# New Way to Train plants??? LST??? All real heads please enter



## RatherBBurnin (Jun 15, 2007)

Ok, So i know im kinda still new to the site, but ive done something today in my highness/ joblessness state of mind to my plants that i think may be a new training method, and it seems very effective, at least with my plants.... it required only 1 pc of string instead of the three or four i had originally... and it opens up the inner part, while maintaining very very low stress on the fan leaves.... anyway..all this is my opinion.. imma roll with it for now.. but here are the pictures.... i tried to make a couple shots to give a better idea... im thinking this could be refined beyond my bailers twine to something a bit better at getting those big fan leaves to be like an umbrella... to me it looks like it really opens up light for that secondary growth...  input, ideas????


----------



## RatherBBurnin (Jun 15, 2007)




----------



## LaserKittensGoPewPew (Jun 15, 2007)

Very cool idea. I've been trying to figure out a way to tie my fan leaves so the other bud sites get more light. I think I'll give this a try.


----------



## RatherBBurnin (Jun 15, 2007)

I was all piffed out.. and i realize i was just trying down all the leaves.. and it was way to much work... so i tried it.. now im rolling with it... i dont think it will be as effective when it comes to later in veg.. when i want to apply more LST... but for now.. its making those secondary veg get some much needed light..


----------



## Mr.Wakenbake (Jun 15, 2007)

man that's not the way to LST.. no offense. You should make your tie about 3 nodes down from the top of the plant along the meristem or main stem. Tie it loosely as you can compensate for stalk growth. 

Bend the top of the plant over and tie it down where the top is almost touching the soil or top of the pot. This enables the plant auxins to travel to other parts of the plants that it normally would bypass. Causing more lateral growth to occur at the nodes.

LST works great in veg and early flower. I normally untie my plants early to mid flower.By that time they have many many tops and many budsites. 

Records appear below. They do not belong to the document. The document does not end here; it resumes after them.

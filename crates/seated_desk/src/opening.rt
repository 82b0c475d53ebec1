//! How a pool is opened: an inbox for each desk, seats at them, and the stations.
ghost use Rattle.std.specs.Prelude.{◌≡◌, ◌<◌, ◌≤◌, [], length, All, IfOk};
ghost use Rattle.std.specs.Arc.{arc_value};
ghost use Rattle.chunk_stock.specs.Notes.{NotesNone};
ghost use Rattle.slot_balance.specs.Opened.{AreOpened, NoneSent};
ghost use Rattle.seated_desk.specs.Shelves.{AreNumbered};
ghost use Rattle.seated_desk.specs.Ways.{IsSeated, seats_at};

use crate::station::Station;
use chunk_stock::Drawer;
use digit_route::Digits;
use link_inbox::{LinkInbox, SendSeat, TakeSeat};
use pool_desk::IdleDesk;
use slot_balance::{Boxes, Parted, Row, open_boxes, part_last};
use slot_chain::NoMemory;
use std::alloc::Global;
use std::sync::Arc;

// How the desks of a pool are: the pool's number, how their numbers are read, and the limit of each cache in bytes.
#[derive(Drop)]
pub(crate) struct Profile {
    pub(crate) pool: u64,
    pub(crate) digits: Digits,
    pub(crate) limit: u64,
}

// A station of a new desk.
fn station<'r>(
    alloc: Global,
    number: u16,
    profile: &Profile,
    inboxes: Arc<Vec<LinkInbox<'r>>>,
    take: TakeSeat<'r>,
    seats: Vec<SendSeat<'r>>,
    drawer: Drawer<'r>,
) -> Station<'r>
    requires number { number < 64 }
    requires limit { profile.now.limit ≤ 1048576 }
    requires bits { profile.now.digits.bits ≡ 6 }
    requires seated { IsSeated profile.now.digits number (arc_value inboxes).items take.inbox (seats_at seats.items) }
    requires unused { (take.taken ≡ []) × NoneSent (seats_at seats.items) }
    requires new { NotesNone drawer.drawn }
    ensures { (result.desk.number ≡ number) × (result.pool ≡ profile.now.pool) }
{
    let desk = IdleDesk::new(number, profile.digits, profile.limit).adopt(0);
    Station::new(alloc, profile.pool, desk, inboxes, take, seats, drawer)
}

// Deals the seats out to new stations, from the last desk to the first.
fn deal<'r>(
    alloc: Global,
    profile: &Profile,
    inboxes: &Arc<Vec<LinkInbox<'r>>>,
    takes: Vec<TakeSeat<'r>>,
    columns: Vec<Row<SendSeat<'r>>>,
    drawers: Vec<Drawer<'r>>,
) -> Result<Vec<Station<'r>>, NoMemory>
    requires count { length takes.items ≤ 64 }
    requires limit { profile.now.limit ≤ 1048576 }
    requires bits { profile.now.digits.bits ≡ 6 }
    requires new { All (λ d. NotesNone d.drawn) drawers.items }
    requires opened { AreOpened profile.now.digits (length takes.items) (arc_value inboxes.now).items
        takes.items columns.items }
    ensures numbered { IfOk result (λ shelf. AreNumbered profile.now.pool (length takes.entry.items) shelf.items) }
    ensures all { IfOk result (λ shelf. length shelf.items ≡ length takes.entry.items) }
{
    let mut takes = takes;
    let mut columns = columns;
    let mut drawers = drawers.into_iter();
    let mut shelf = Vec::with_capacity(alloc, takes.len())?;
    while let Some(take) = takes.pop() {
        let number = takes.len();
        let Parted { rows, last: seats } = part_last(alloc, columns)?;
        columns = rows;
        let (Some(drawer), Ok(inboxes)) = (drawers.next(), Arc::try_clone(inboxes)) else {
            return Err(NoMemory);
        };
        shelf.push(station(alloc, number as u16, profile, inboxes, take, seats, drawer))?;
    }
    Ok(shelf)
}

/// A station for each of so many desks. Their numbers are from 0, the last first.
pub(crate) fn stations<'r>(
    alloc: Global,
    profile: Profile,
    drawers: Vec<Drawer<'r>>,
    desks: u16,
) -> Result<Vec<Station<'r>>, NoMemory>
    requires desks { (1 ≤ desks) × (desks ≤ 64) }
    requires limit { profile.limit ≤ 1048576 }
    requires bits { profile.digits.bits ≡ 6 }
    requires new { All (λ d. NotesNone d.drawn) drawers.items }
    ensures numbered { IfOk result (λ shelf. AreNumbered profile.pool desks shelf.items) }
    ensures all { IfOk result (λ shelf. length shelf.items ≡ desks) }
{
    let Boxes {
        inboxes,
        takes,
        columns,
    } = open_boxes::<TakeSeat<'r>, SendSeat<'r>, LinkInbox<'r>>(alloc, profile.digits, desks)?;
    let Ok(inboxes) = Arc::new(alloc, inboxes) else {
        return Err(NoMemory);
    };
    deal(alloc, &profile, &inboxes, takes, columns, drawers)
}
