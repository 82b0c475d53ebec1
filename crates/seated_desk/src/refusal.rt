//! Why a call leaves all as it was.
ghost use Rattle.std.specs.Prelude.{◌≡◌};
ghost use Rattle.seated_desk.specs.Answers.{answer_of, refusal_number};

/// Why a call did nothing. Programs in C see its number.
#[derive(Clone, Copy, Debug, PartialEq, Eq, Drop)]
pub enum Refusal {
    /// No size class is large enough.
    TooLarge,
    /// No slot of the class is at home, none came, and no chunk is left to be drawn. One may come later.
    UsedUp,
    /// The C library refused memory.
    NoMemory,
    /// What was to be filled holds something already.
    Holds,
    /// What was to be used holds nothing, or nothing came.
    Empty,
    /// It belongs to another allocator or another pool.
    Stranger,
    /// There is no room for more; or, where a pool is to be closed, an allocator is still out.
    Full,
    /// An argument is out of range.
    BadArgument,
    /// As `UsedUp`, and the allocator drew no chunk for the class, so that no slot of it will ever come.
    NoChunk,
}

impl Refusal {
    /// Its number, from 1 to 9.
    pub fn number(self) -> u32
        ensures { result ≡ refusal_number self }
    {
        match self {
            Refusal::TooLarge => 1,
            Refusal::UsedUp => 2,
            Refusal::NoMemory => 3,
            Refusal::Holds => 4,
            Refusal::Empty => 5,
            Refusal::Stranger => 6,
            Refusal::Full => 7,
            Refusal::BadArgument => 8,
            Refusal::NoChunk => 9,
        }
    }
}

/// What a program in C is answered: 0, or the refusal's number.
#[inline(always)]
pub(crate) fn answer(outcome: Result<(), Refusal>) -> u32
    ensures { result ≡ answer_of outcome }
{
    match outcome {
        Ok(()) => 0,
        Err(refusal) => refusal.number(),
    }
}
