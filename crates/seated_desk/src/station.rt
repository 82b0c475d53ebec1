//! A desk with its seats at the inboxes of all desks.
ghost use Rattle.std.specs.Prelude.{◌≡◌, ◌+◌, ◌%◌, ◌≤◌, ◌^◌, [], OnOk};
ghost use Rattle.std.specs.Arc.{arc_value};
ghost use Rattle.slot_chain.specs.Slots.{AddsSlots};
ghost use Rattle.slot_balance.specs.Balances.{Balances};
ghost use Rattle.slot_balance.specs.Opened.{NoneSent};
ghost use Rattle.seated_desk.specs.Claims.{AreNoted};
ghost use Rattle.seated_desk.specs.Ways.{IsSeated, seats_at};

use crate::moving::{post_each, take_some};
use chunk_stock::Drawer;
use digit_route::Refused;
use link_inbox::{LinkInbox, SendSeat, TakeSeat};
use pool_desk::Desk;
use region_cut::Slot;
use slot_balance::CountedNotes;
use slot_chain::{Buf, NoMemory};
use std::alloc::Global;
use std::sync::Arc;

/// The most desks of a pool, whose numbers have 6 bits.
pub(crate) const MOST_DESKS: u16 = 64;

/// After so many buffers that were freed there is a post, whatever their size: a cache of many small ones would
/// outgrow the processor's, and so would the slots that take their place meanwhile.
pub(crate) const POST_EVERY: u64 = 1024;

/// A desk, its seats at the inboxes of all desks, its right to draw chunks, and what it counted.
///
/// Its type keeps the balance of the desk, whatever the program does with its buffers: nothing is lost here, and
/// nothing is there twice.
#[derive(Drop)]
pub(crate) struct Station<'r> {
    pub(crate) alloc: Global,
    // The number of its pool.
    pub(crate) pool: u64,
    pub(crate) desk: Desk<'r>,
    // Those of all desks, each at its desk's number.
    pub(crate) inboxes: Arc<Vec<LinkInbox<'r>>>,
    pub(crate) take: TakeSeat<'r>,
    pub(crate) seats: Vec<SendSeat<'r>>,
    pub(crate) drawer: Drawer<'r>,
    // How many calls there were since it last looked into its inbox.
    pub(crate) since: u64,
    // From how many cached bytes on a post is tried again.
    pub(crate) post_from: u64,
    // After how many more buffers that are freed there is a post. It is never 0 between two calls.
    pub(crate) until_post: u64,
    pub(crate) lent: CountedNotes<Buf<'r>>,
    pub(crate) freed: CountedNotes<Buf<'r>>,
    pub(crate) posted: u64,
    pub(crate) taken: u64,
    pub(crate) claimed: u64,
    ghost noted: { AreNoted drawer.drawn desk.drawn },
    ghost bits: { desk.digits.bits ≡ 6 },
    ghost seated: { IsSeated desk.digits desk.number (arc_value inboxes).items take.inbox (seats_at seats.items) },
    ghost balance: { Balances desk (seats_at seats.items) take.taken lent freed },
}

impl<'r> Station<'r> {
    ghost use Rattle.slot_balance.specs.Limits.{most_taken};
    ghost use Rattle.seated_desk.specs.Kept.{KeepsStation, PostsAll};
    ghost use Rattle.seated_desk.specs.Settled.{station_slots};
    ghost use Rattle.seated_desk.specs.Stats.{IsStatOf};

    /// A station of this pool that counted nothing yet.
    pub(crate) fn new(
        alloc: Global,
        pool: u64,
        desk: Desk<'r>,
        inboxes: Arc<Vec<LinkInbox<'r>>>,
        take: TakeSeat<'r>,
        seats: Vec<SendSeat<'r>>,
        drawer: Drawer<'r>,
    ) -> Station<'r>
        requires noted { AreNoted drawer.drawn desk.drawn }
        requires bits { desk.digits.bits ≡ 6 }
        requires seated { IsSeated desk.digits desk.number (arc_value inboxes).items take.inbox (seats_at seats.items) }
        requires unused { (take.taken ≡ []) × NoneSent (seats_at seats.items) }
        requires new { (desk.home ≡ []) × (desk.drawn ≡ []) × (desk.cached ≡ []) }
        ensures desk { result.desk ≡ desk.entry }
        ensures pool { result.pool ≡ pool }
    {
        Station {
            alloc,
            pool,
            desk,
            inboxes,
            take,
            seats,
            drawer,
            since: 0,
            post_from: 0,
            until_post: POST_EVERY,
            lent: CountedNotes::new(),
            freed: CountedNotes::new(),
            posted: 0,
            taken: 0,
            claimed: 0,
        }
    }

    /// Takes what came in batches, at most 64, and none once 1,024 buffers came. Says how many.
    pub(crate) fn take(&mut self) -> u32
        ensures keeps { KeepsStation self.old self.new }
        ensures none { result ≡ 0 → self.new.desk ≡ self.old.desk }
        ensures most { result ≤ most_taken }
        ensures counted { self.new.taken % 2 ^ 64 ≡ (self.old.taken + result) % 2 ^ 64 }
    {
        let at = usize::from(self.desk.number());
        let inboxes = self.inboxes.as_slice();
        let taken = take_some(&mut self.desk, &inboxes[at], &mut self.take);
        self.taken = self.taken.wrapping_add(taken as u64);
        taken
    }

    /// Posts all that is cached. What an inbox refuses stays cached, and holds back no other batch. Says how
    /// many were posted.
    pub(crate) fn post(&mut self) -> u64
        ensures keeps { KeepsStation self.old self.new }
        ensures posts { PostsAll self.old self.new }
    {
        let mut refused = Refused::new(self.desk.number(), self.desk.digits());
        let inboxes = self.inboxes.as_slice();
        let seats = self.seats.as_mut_slice();
        let posted = post_each(&mut self.desk, inboxes, seats, &mut refused);
        self.desk.take_back(refused);
        self.posted = self.posted.wrapping_add(posted);
        posted
    }

    /// Adds the slots that are there to a list.
    pub(crate) fn list(&self, slots: &mut Vec<Slot>) -> Result<(), NoMemory>
        ensures { OnOk result (AddsSlots (station_slots self.now) slots.old.items slots.new.items) }
    {
        self.desk.list_slots(slots)
    }

    /// A number about it, as `AllocatorHandle::stat` says.
    pub(crate) fn stat(&self, which: u32) -> u64
        ensures { IsStatOf which result self.now }
    {
        match which {
            0 => self.desk.number() as u64,
            1 => self.lent.count(),
            2 => self.freed.count(),
            3 => self.posted,
            4 => self.taken,
            5 => self.claimed,
            6 => self.desk.counts().0,
            7 => self.desk.counts().1,
            8 => self.desk.cached_bytes(),
            9 => self.drawer.chunks() as u64,
            _ => u64::MAX,
        }
    }
}
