//! Batches come, and go.
ghost use Rattle.std.specs.Prelude.{◌≡◌, ◌<◌, ◌≤◌, [], ◌++◌, List, length, MatchOption, MatchResult, IsPermutation};
ghost use Rattle.digit_route.specs.Route.{GivesBucket};
ghost use Rattle.slot_balance.specs.Limits.{most_taken};
ghost use Rattle.slot_balance.specs.Posts.{Posts, SendsOrKeeps, TakesSome, sent_at};
ghost use Rattle.seated_desk.specs.Kept.{IsRefusedOf};
ghost use Rattle.slot_balance.specs.Seats.{AreSeatsAt};
ghost use Rattle.seated_desk.specs.Ways.{seats_at};

use digit_route::{Batch, Refused};
use link_inbox::{LinkInbox, SendSeat, TakeSeat};
use pool_desk::Desk;
use slot_chain::EmptyMagazine;

// How many batches are taken at a time.
const MOST_TAKEN: u32 = 64;

// Of how many buffers no further batch is taken at a time.
const MOST_HANDLED: u64 = 1024;

/// Takes batches from a desk's inbox and handles each, until there is none, 1,024 buffers or more were handled, or 64
/// batches were taken. Says how many.
pub(crate) fn take_some<'r>(
    desk: &mut Desk<'r>,
    inbox: &LinkInbox<'r>,
    seat: &mut TakeSeat<'r>,
) -> u32
    requires inbox { inbox.now.place ≡ record { address = desk.old.number; digits = desk.old.digits } }
    requires seat { seat.old.inbox ≡ inbox.now }
    ensures most { result ≤ most_taken }
    ensures takes { TakesSome desk.old seat.old result desk.new seat.new }
{
    let mut handled = 0u64;
    for taken in 0..MOST_TAKEN {
        let Some(batch) = inbox.take(seat) else {
            return taken;
        };
        let (counts, empty) = desk.handle_and_empty(batch);
        inbox.return_empty(seat, empty);
        handled = handled.saturating_add(counts.home.saturating_add(counts.on));
        if handled >= MOST_HANDLED {
            return taken + 1;
        }
    }
    MOST_TAKEN
}

// The next batch to be posted, of a first round while there is one.
fn next_of<'r>(desk: &mut Desk<'r>) -> Option<Batch<'r>>
    ensures same { desk.new ≡ record desk.old { cached = desk.new.cached } }
    ensures value { MatchOption result ((desk.old.cached ≡ []) × (desk.new.cached ≡ []))
        (λ b. GivesBucket desk.old.digits desk.old.number desk.old.cached b desk.new.cached) }
{
    match desk.next_of_first_round() {
        Some(batch) => Some(batch),
        None => desk.next_batch(),
    }
}

// Posts a batch to its address, and gives the memory of one that was emptied there. The batch comes back where it
// is refused.
fn send<'r>(
    inboxes: &[LinkInbox<'r>],
    seats: &mut [SendSeat<'r>],
    batch: Batch<'r>,
) -> Result<EmptyMagazine<'r>, Batch<'r>>
    requires { AreSeatsAt batch.digits batch.sender inboxes.now (seats_at seats.old) }
    ensures { let b = batch.entry in MatchResult result
        (λ _. (b.address < length seats.old) × (seats_at seats.new ≡ sent_at b.address b (seats_at seats.old)))
        (λ x. (x ≡ b) × (seats_at seats.new ≡ seats_at seats.old)) }
{
    let at = usize::from(batch.address());
    if at >= seats.len() {
        return Err(batch);
    }
    let inbox = &inboxes[at];
    let seat = &mut seats[at];
    match inbox.post(seat, batch) {
        Ok(()) => Ok(inbox.reclaim_empty(seat)),
        Err((batch, _)) => Err(batch),
    }
}

// Posts a batch to its address, and gives the memory of one that was emptied there; or sets its buffers aside where
// it is refused.
fn post_or_keep<'r>(
    inboxes: &[LinkInbox<'r>],
    seats: &mut [SendSeat<'r>],
    batch: Batch<'r>,
    refused: &mut Refused<'r>,
) -> Option<EmptyMagazine<'r>>
    requires seats { AreSeatsAt batch.digits batch.sender inboxes.now (seats_at seats.old) }
    requires refused { (refused.old.number ≡ batch.sender) × (refused.old.digits ≡ batch.digits) }
    ensures same { refused.new ≡ record refused.old { items = refused.new.items } }
    ensures goes { SendsOrKeeps batch.entry (seats_at seats.old) refused.old.items
        (seats_at seats.new) refused.new.items }
{
    match send(inboxes, seats, batch) {
        Ok(empty) => Some(empty),
        Err(batch) => {
            refused.add(batch);
            None
        }
    }
}

// Takes the memory that came back from `address`, where a batch went. Says how many went.
fn reuse<'r>(desk: &mut Desk<'r>, address: u16, empty: Option<EmptyMagazine<'r>>) -> u64
    ensures { desk.new ≡ desk.old }
{
    let Some(empty) = empty else {
        return 0;
    };
    desk.reuse(address, empty);
    1
}

/// Posts all that is cached, and sets aside what is refused. Says how many batches went.
pub(crate) fn post_each<'r>(
    desk: &mut Desk<'r>,
    inboxes: &[LinkInbox<'r>],
    seats: &mut [SendSeat<'r>],
    refused: &mut Refused<'r>,
) -> u64
    requires seats { AreSeatsAt desk.old.digits desk.old.number inboxes.now (seats_at seats.old) }
    requires of { IsRefusedOf desk.old refused.old }
    requires none { refused.old.items ≡ [] }
    ensures same { desk.new ≡ record desk.old { cached = [] } }
    ensures of { IsRefusedOf desk.new refused.new }
    ensures posts { let d = desk.old in
        Posts d.digits d.number d.cached (seats_at seats.old) [] refused.new.items (seats_at seats.new) }
{
    let mut posted = 0u64;
    while let Some(batch) = next_of(desk) {
        let address = batch.address();
        let empty = post_or_keep(inboxes, seats, batch, refused);
        posted = posted.saturating_add(reuse(desk, address, empty));
    }
    posted
}
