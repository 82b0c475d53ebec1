//! What is freed at a station.
ghost use Rattle.seated_desk.specs.Answers.{answer_of};
ghost use Rattle.seated_desk.specs.Bursts.{FreesAll, FreesBurst};
ghost use Rattle.seated_desk.specs.Handles.{Frees, FreesFrom};
ghost use Rattle.seated_desk.specs.Kept.{KeepsStation};

use crate::buf_handle::BufHandle;
use crate::burst_handle::BurstHandle;
use crate::refusal::Refusal;
use crate::station::{MOST_DESKS, POST_EVERY, Station};
use pool_desk::Freed;
use std::mem;

impl<'r> Station<'r> {
    // Posts what is cached, unless a post was refused and little has come since.
    #[cold]
    #[inline(never)]
    fn post_again(&mut self)
        ensures { KeepsStation self.old self.new }
    {
        self.until_post = POST_EVERY;
        let cached = self.desk.cached_bytes();
        if cached == 0 || cached < self.post_from {
            return;
        }
        self.take();
        self.post();
        self.desk.make_room(self.alloc);
        let left = self.desk.cached_bytes();
        self.post_from = left.saturating_add(left / 4);
    }

    /// Takes the handle's buffer back.
    #[inline(always)]
    pub(crate) fn free(&mut self, handle: &mut BufHandle<'r>) -> Result<(), Refusal>
        ensures station { FreesFrom (answer_of result) self.old self.new handle.old }
        ensures frees { Frees self.old.pool (answer_of result) handle.old handle.new }
    {
        let Some(held) = &handle.buf else {
            return Err(Refusal::Empty);
        };
        if handle.pool != self.pool || held.owner() >= MOST_DESKS {
            return Err(Refusal::Stranger);
        }
        let Some(buf) = handle.take() else {
            return Err(Refusal::Empty);
        };
        self.since = self.since.wrapping_add(1);
        self.freed = self.freed.and(&buf);
        self.until_post = self.until_post.wrapping_sub(1);
        if self.desk.free(buf) == Freed::Due || self.until_post == 0 {
            self.post_again();
        }
        Ok(())
    }

    /// Takes back all buffers of a burst.
    pub(crate) fn free_all(&mut self, burst: &mut BurstHandle<'r>) -> Result<(), Refusal>
        ensures station { FreesBurst (answer_of result) self.old self.new burst.old }
        ensures frees { FreesAll self.old.pool (answer_of result) burst.old burst.new }
    {
        let Some(held) = &burst.parcel else {
            return Err(Refusal::Empty);
        };
        if burst.pool != self.pool || held.owner() >= MOST_DESKS {
            return Err(Refusal::Stranger);
        }
        let Some(parcel) = mem::replace(&mut burst.parcel, None) else {
            return Err(Refusal::Empty);
        };
        let count = parcel.len() as u64;
        self.since = self.since.wrapping_add(1);
        self.freed = self.freed.and_all(parcel.buffers());
        self.until_post = self.until_post.saturating_sub(count);
        if self.desk.free_all(parcel) == Freed::Due || self.until_post == 0 {
            self.post_again();
        }
        Ok(())
    }
}
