//! Where a program in C keeps one buffer.
ghost use Rattle.std.specs.Prelude.{◌≡◌, None, Some, MatchOption};
ghost use Rattle.seated_desk.specs.Answers.{answer_of};
ghost use Rattle.seated_desk.specs.Handles.{SetsFilled, TellsCapacity, TellsFilled};

use crate::refusal::{Refusal, answer};
use crate::start::start_of;
use slot_chain::Buf;
use std::{mem, ptr};

/// A handle, which holds one buffer or none, and says where the buffer's bytes lie.
///
/// A program in C reads the pointer, and reads and writes the bytes that lie there while the handle holds the
/// buffer. Where the handle holds none, the pointer is null.
#[repr(C)]
#[derive(Drop)]
pub struct BufHandle<'r> {
    pub(crate) at: *const u8,
    // The number of the buffer's pool.
    pub(crate) pool: u64,
    pub(crate) buf: Option<Buf<'r>>,
}

// Its pointer owns nothing, and the buffer goes to other threads.
unsafe impl Send for BufHandle<'_> {}

impl<'r> BufHandle<'r> {
    /// A handle that holds none.
    pub fn new() -> BufHandle<'r>
        ensures { result.buf ≡ None }
    {
        BufHandle {
            at: ptr::null(),
            pool: 0,
            buf: None,
        }
    }

    /// A handle that holds this buffer, of the pool of this number.
    pub(crate) fn of(buf: Buf<'r>, pool: u64) -> BufHandle<'r>
        ensures buf { result.buf ≡ Some buf.entry }
        ensures pool { result.pool ≡ pool }
    {
        let at = start_of(buf.bytes());
        BufHandle {
            at,
            pool,
            buf: Some(buf),
        }
    }

    /// Puts a buffer of the pool of this number in, where there is none.
    #[inline(always)]
    pub(crate) fn put(&mut self, buf: Buf<'r>, pool: u64)
        requires { self.old.buf ≡ None }
        ensures buf { self.new.buf ≡ Some buf.entry }
        ensures pool { self.new.pool ≡ pool }
    {
        self.at = start_of(buf.bytes());
        self.pool = pool;
        // there is none, so nothing is forgotten, and nothing has to be let go
        mem::forget(mem::replace(&mut self.buf, Some(buf)));
    }

    /// Takes the buffer out.
    #[inline(always)]
    pub(crate) fn take(&mut self) -> Option<Buf<'r>>
        ensures { MatchOption result ((self.old.buf ≡ None) × (self.new ≡ self.old))
            (λ b. (self.old.buf ≡ Some b) × (self.new ≡ record self.old { at = self.new.at; buf = None })) }
    {
        let Some(buf) = mem::replace(&mut self.buf, None) else {
            return None;
        };
        self.at = ptr::null();
        Some(buf)
    }

    /// How many bytes the buffer has, which is the size of its class; 0 where the handle holds none.
    pub fn capacity(&mut self) -> u64
        ensures { TellsCapacity result self.old self.new }
    {
        match &self.buf {
            Some(buf) => buf.capacity() as u64,
            None => 0,
        }
    }

    /// How many bytes count as filled, from the front; 0 where the handle holds none.
    pub fn len(&mut self) -> u64
        ensures { TellsFilled result self.old self.new }
    {
        match &self.buf {
            Some(buf) => buf.len() as u64,
            None => 0,
        }
    }

    /// Says how many bytes count as filled. `Full` where the buffer has fewer.
    pub fn set_len(&mut self, len: usize) -> u32
        ensures { SetsFilled len result self.old self.new }
    {
        answer(self.fill_to(len))
    }

    fn fill_to(&mut self, len: usize) -> Result<(), Refusal>
        ensures { SetsFilled len (answer_of result) self.old self.new }
    {
        let Some(buf) = &mut self.buf else {
            return Err(Refusal::Empty);
        };
        if len > buf.capacity() {
            return Err(Refusal::Full);
        }
        buf.set_len(len);
        Ok(())
    }
}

Anyways good luck with your LST'ing .... i am sure there are other members that would be willing to help you learn also.


----------



## Mutt (Jun 15, 2007)

Mr. Wakenbake has given you great info.
You do not (however) need to untie the plant. I have flowered succussfully with them tied...sorta like a make shift Scrog. I kept bending as ht. became an issue.
You always start at the top and bend carefully. Someone recent has a grow journal that is doing an LST type of grow...may want to look at posts in the last week in the grow journal section. Person put up some great pics.


----------



## Mr.Wakenbake (Jun 15, 2007)

it's all personal preferance with the untying deal.. i do it for room reasons... anyways thanks for adding the info mutt.


----------



## RatherBBurnin (Jun 15, 2007)

I understand its not "LST"... but i was saying it could be a form.. since LST stands for Low Stress Training... wouldnt this be considered low stress???? 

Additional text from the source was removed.